- [Source material]:

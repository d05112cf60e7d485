//! The loop that reads an input: as long as more of its bytes are wanted.

ghost use Rattle.std.specs.Prelude.{◌≡◌, ◌≤◌, ◌+◌, ◌-◌, ◌*◌, ◌^◌, ◌++◌, ◌↔◌, ◌⊎◌, ℕ, List, Option, Some, IsTrue, length, take};
ghost use Rattle.std.specs.Prelude.{IfOk, OnOk, OnErr, IfSome, IsSomeAnd};
ghost use Rattle.std.specs.Io.KnownBytes.{Consumes, IsAtEnd};
ghost use Rattle.jls_io.specs.Event.{History, GrewBy};
ghost use Rattle.jls_station.specs.Reading.{ReadSoFar, IsRead, IsReadInPart};
ghost use Rattle.jls_station.specs.declared.input.ReadStop.TheVariants.{Whole};
ghost use Rattle.jls_marker.specs.SegmentLaws.{AreBytes};

use crate::input::ReadStop;
use jls_io::Source;
use std::alloc::AllocError;

/// The most reads of one input.
const READS: u64 = 4_294_967_295;

/// What the bytes of an input go into as it is read, and how many of them are wanted.
pub(crate) trait Intake {
    /// What the bytes go into.
    type Held;

    /// The bytes that it was fed. There are none where it takes no more.
    ghost fed: { Self.Held → Option (List ℕ) };

    /// Says of the bytes fed that they are enough, so that no more are wanted.
    ghost IsEnough: { List ℕ → Type 0 };

    /// Whether no more bytes are wanted.
    fn is_enough(held: &Self::Held) -> bool
        ensures { IfSome (fed held.now) (λ bytes. IsTrue result ↔ IsEnough bytes) };

    /// Takes the bytes that a read gave.
    fn put(held: &mut Self::Held, bytes: &[u8]) -> Result<(), AllocError>
        requires { IfSome (fed held.old) (λ before. length before + length bytes.now ≤ 2 ^ 63 - 1) }
        ensures { (before : List ℕ) → fed held.old ≡ Some before → OnOk result (fed held.new ≡ Some (before ++ bytes.now)) };
}

/// The prefix of a buffer, which has as many bytes as a read gave.
pub(crate) fn prefix(buffer: &[u8], count: usize) -> &[u8]
    requires { count ≤ length buffer.now }
    ensures prefix { result.now ≡ take count buffer.now }
    ensures bytes { AreBytes result.now }
{
    &buffer[..count]
}

/// Reads an input on, of which `made` reads gave what was fed. It goes on until that is enough, or as far as the source goes. In the
/// clauses `before` is what the device had done, or what it had left to give, before these reads.
pub(crate) fn read_on<S: Source, I: Intake>(
    device: &mut S,
    held: &mut I::Held,
    made: u64,
) -> Result<ReadStop, AllocError>
    requires made_few { made ≤ 1 }
    requires fed_few { IsSomeAnd (I.fed held.old) (λ fed. length fed ≤ 4096 * made) }
    ensures longer { (fed : List ℕ) → I.fed held.old ≡ Some fed
        → IfOk result (λ stop. IsSomeAnd (I.fed held.new) (λ bytes. (more : List ℕ) × (bytes ≡ fed ++ more))) }
    ensures read { (before : History) (fed : List ℕ) → I.fed held.old ≡ Some fed
        → GrewBy (ReadSoFar I.IsEnough made fed) before (S.history device.old)
        → IfOk result (λ stop. IsSomeAnd (I.fed held.new) (λ bytes. GrewBy (λ reads. IsRead I.IsEnough reads bytes stop) before
        (S.history device.new))) }
    ensures refused { (before : History) (fed : List ℕ) → I.fed held.old ≡ Some fed
        → GrewBy (ReadSoFar I.IsEnough made fed) before (S.history device.old)
        → OnErr result (GrewBy (IsReadInPart I.IsEnough) before (S.history device.new)) }
    ensures known { (before : Option (List ℕ)) (fed : List ℕ) → I.fed held.old ≡ Some fed
        → Consumes before (S.remaining device.old) fed
        → IfOk result (λ stop. IsSomeAnd (I.fed held.new) (λ bytes. Consumes before (S.remaining device.new) bytes)) }
    ensures end { IfOk result (λ stop. stop ≡ Whole → IsSomeAnd (I.fed held.new) I.IsEnough ⊎ IsAtEnd (S.remaining device.new)) }
{
    let mut chunk = [0u8; 4096];
    for _ in made..READS {
        if I::is_enough(held) {
            return Ok(ReadStop::Whole);
        }
        let n = match device.read_some(&mut chunk) {
            Ok(n) => n,
            Err(_) => return Ok(ReadStop::Failed),
        };
        if n == 0 {
            return Ok(ReadStop::Whole);
        }
        I::put(held, prefix(&chunk, n))?;
    }
    if I::is_enough(held) {
        Ok(ReadStop::Whole)
    } else {
        Ok(ReadStop::Turns)
    }
}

- [Description of the task]:
Extract every line of the records above that contains the word "requires".

- [Task answer]:
        requires { IfSome (fed held.old) (λ before. length before + length bytes.now ≤ 2 ^ 63 - 1) }
    requires { count ≤ length buffer.now }
    requires made_few { made ≤ 1 }
    requires fed_few { IsSomeAnd (I.fed held.old) (λ fed. length fed ≤ 4096 * made) }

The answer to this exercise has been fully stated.